Tax-exempt entities are permitted to sponsor non-qualified deferred compensation plans for select groups of highly compensated employees, managers, directors or officers (i.e., “top hat” plans) under Code Section 457(b). Approximately 200 non-governmental organizations sponsoring these plans will receive a “compliance check“ letter by the end of September 2013, and another 200 in the next 12-month rolling period, from the IRS’s Employee Plans Compliance Unit (“EPCU”). This outreach effort is part of a project recently announced by the IRS designed to:
- learn more about the operation of these plans,
- verify that the plans comply with the applicable Code requirements,
- identify common issues of noncompliance, and
- recommend ways to remove any “barriers” to compliance.

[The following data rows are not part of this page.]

// Numbers in bytes, big-endian, read and written: one loop each way for every width.
#![tactic(auto)]

ghost use Rattle.std.specs.Prelude.{◌≡◌, ◌+◌, ◌^◌, ◌≤◌, ◌<◌, length};
ghost use Rattle.octets.specs.Bytes.{number, put};

pub fn get(s: &[u8], at: usize, width: usize) -> u64
    requires { (at + width ≤ length s.now) × (width ≤ 8) }
    ensures { (result ≡ number at width s.now) × (result < 256 ^ width) }
{
    let mut r: u64 = 0;
    for byte in &s[at..at + width] {
        r = r * 256 + u64::from(*byte);
    }
    r
}

// The casts lose nothing, as the width bounds each number, and the check proves it: try_from would test it once more.
// Stay six: lines over `get` and `put`, one for each type: a trait with six impls would be longer, and its callers would name the type instead.
#[tactic(auto, unfolding(crate::specs::Bytes::number))]
pub fn get_u8(s: &[u8], at: usize) -> u8
    requires { at + 1 ≤ length s.now }
    ensures { result ≡ number at 1 s.now }
{
    s[at]
}

pub fn get_u16(s: &[u8], at: usize) -> u16
    requires { at + 2 ≤ length s.now }
    ensures { result ≡ number at 2 s.now }
{
    get(s, at, 2) as u16
}

pub fn get_u32(s: &[u8], at: usize) -> u32
    requires { at + 4 ≤ length s.now }
    ensures { result ≡ number at 4 s.now }
{
    get(s, at, 4) as u32
}

pub fn get_u64(s: &[u8], at: usize) -> u64
    requires { at + 8 ≤ length s.now }
    ensures { result ≡ number at 8 s.now }
{
    get(s, at, 8)
}

// What does not fit the width is cut at the high end.
pub fn put(buf: &mut [u8], at: usize, width: usize, value: u64)
    requires { at + width ≤ length buf.old }
    ensures { buf.new ≡ put at width value buf.old }
{
    let mut v = value;
    for i in (0..width).rev() {
        // a rest below 256
        buf[at + i] = (v % 256) as u8;
        v /= 256;
    }
}

pub fn put_u8(buf: &mut [u8], at: usize, v: u8)
    requires { at + 1 ≤ length buf.old }
    ensures { buf.new ≡ put at 1 v buf.old }
{
    put(buf, at, 1, u64::from(v));
}

pub fn put_u16(buf: &mut [u8], at: usize, v: u16)
    requires { at + 2 ≤ length buf.old }
    ensures { buf.new ≡ put at 2 v buf.old }
{
    put(buf, at, 2, u64::from(v));
}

EPCU is requesting “timely” responses to its request for information (or a response indicating that the compliance request was received in error because the employer does not maintain a 457(b) plan). While the compliance check letter is not an audit notice (and the EPCU does not necessiarly plan to inspect books and records based on the compliance check), if a targeted employer does not respond to the request for information, the IRS has indicated that it “may need to take other measures to ensure compliance, including an audit of your plan or organization.”
What should an employer with a section 457(b) plan do at this point in time? An internal compliance check may be in order. If the EPCU determines that a plan is not established or operated in accordance with Code Section 457(b), EPCU plans to inform the sponsor what actions it beleives are needed. In this case, an audit of the plan may be performed or correction may be suggested under the IRS’s Voluntary Correction Program, so it’s advisable to get into compliance before the IRS knocks on the door.
What should an employer do if it receives a Section 457(b) compliance check letter? Prepare a thoughtful and careful response in a timely manner. As we learned during a similar 401(k) plan compliance check program conducted by the IRS several years ago, an improperly prepared response, or a failure to respond, will likely lead to further action by the IRS, possibly including a full-scale audit.